No roteiro de Bravura, os Coen tornam menos evidente o humor ácido pelo qual são conhecidos, mas mantém os diálogos rápidos, inusitados e saborosos (vide a cena da negociação dos pôneis) que usaram com excelência em Queime Depois de Ler e Um Homem Sério. A fotografia de Roger Deakins (Dúvida, Um Sonho de Liberdade) expressa alto conhecimento de técnica e pitadas bem dosadas de ousadia. A cena de apresentação de Rooster Cogburn (Jeff Bridges) no tribunal é um exemplo. O fotógrafo utiliza o artifício da apresentação fracionada do personagem, deixando o espectador curioso sobre o tipo que virá a conhecer. Ainda com belíssimos travellings e planos gerais, bastante usados, Deakins consegue imergir totalmente o espectador na natureza selvagem retratada. As sucessivas sequências de diálogo entre Rooster e Mattie e as mudanças de clima (neve, sol) passam o desgaste e desolação dos protagonistas viajando com poucas esperanças de êxito em seu objetivo.

Jeff Bridges e Haille Steinfeld, aliás, disputam a atenção do público com interpretações cativantes e convincentes desde o primeiro momento. Mesmo representando o mesmo tipo bêbado, grosseiro e bom coração – que lhe rendeu o Oscar por Coração Louco – Bridges se sai bem, e consegue a singularidade.

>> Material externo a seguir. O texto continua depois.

//! Words and numbers of a line.

ghost use Rattle.std.specs.Prelude.{◌≡◌, ◌≢◌, ◌<◌, ◌++◌, ◌∷◌, List, ℕ, IfSome, IfNone};
ghost use Rattle.std.specs.Fmt.{decimal};
ghost use Rattle.index_script.specs.Lines.{Lacks};
ghost use Rattle.index_script.specs.Requests.{IsNumber, IsBound, IsSmall, bound_text};

use std::ops::Bound;

/// The text before the first space, and the text behind it.
pub fn split_word(text: &str) -> Option<(&str, &str)>
    ensures some { IfSome result (λ parts. (text.now ≡ parts.0.now ++ 32 ∷ parts.1.now) × Lacks 32 parts.0.now) }
    ensures none { IfNone result (Lacks 32 text.now) }
{
    text.split_once(' ')
}

/// The number that a word writes: its digits, of which the first is 0 for 0 alone.
pub fn number(word: &str) -> Option<u64>
    ensures some { IfSome result (λ n. word.now ≡ decimal n) }
    ensures none { IfNone result (IsNumber word.now → ⊥) }
{
    let bytes = word.as_bytes();
    if bytes.is_empty() {
        return None;
    }
    // `parse` takes a plus and leading zeros too
    if bytes[0] == b'+' {
        return None;
    }
    if bytes[0] == b'0' && bytes.len() > 1 {
        return None;
    }
    match word.parse::<u64>() {
        Ok(number) => Some(number),
        Err(_) => None,
    }
}

/// The bound that a word writes: `=` and a number that is included, `!` and one that is excluded, or
/// `*` where there is none.
pub fn bound(word: &str) -> Option<Bound<u64>>
    ensures some { IfSome result (λ b. IsSmall b × (word.now ≡ bound_text b)) }
    ensures none { IfNone result (IsBound word.now → ⊥) }
{
    if word == "*" {
        return Some(Bound::Unbounded);
    }
    if let Some(digits) = marked(word, '=') {
        return match number(digits) {
            Some(number) => Some(Bound::Included(number)),
            None => None,
        };
    }
    let Some(digits) = marked(word, '!') else {
        return None;
    };
    match number(digits) {
        Some(number) => Some(Bound::Excluded(number)),
        None => None,
    }
}

// What follows an ASCII mark at the front.
fn marked(word: &str, mark: char) -> Option<&str>
    requires { mark < 128 }
    ensures some { IfSome result (λ rest. word.now ≡ mark ∷ rest.now) }
    ensures none { IfNone result ((rest : List ℕ) → word.now ≢ mark ∷ rest) }
{
    word.strip_prefix(mark)
}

O alcoolismo de Cogburn é vivenciado de maneira sublime pelo ator, que em cenas com a da disputa de tiro ao alvo, arranca risos constrangidos do público.  A revelação de Haille Steinfeld é o ponto alto. A jovem atriz representa com clareza a determinação de Mattie. Às vezes totalmente determinada a encarar o mundo como adulta, outras caindo na armadilha de voltar a ser a menina que vivenciava momentos de alegria com o seu pai,  Steinfeld esboça os sentimentos da personagem através do jeito que expressa suas falas. O personagem de Matt Damon, por outro lado, talvez pudesse ser mais explorado pelo roteiro. Suas constantes aparições e sumiços o tornam inverossímil e seus propósitos não convencem. A atuação de Damon, no entanto, é coerente. Josh Brolin, por sua vez, não apresenta o porte de um vilão de western, e nem deveria. A acertada escolha dos roteiristas em torna-lo um sujeito vulnerável e inexperiente dá ainda mais credibilidade para o projeto. O papel de vilão arquetípico – com pendências antigas a acertar com o protagonista – fica nas mãos da ótima escolha Barry Pepper, que tem bons momentos na projeção com seu caricato Lucky Ned. Porém, a falta de um vilão propriamente amedrontador (nenhum dos dois cumprem esse papel) esbarra no ritmo do filme, que acaba por não transmitir toda a ameaça presente no terreno desbravado pelos protagonistas.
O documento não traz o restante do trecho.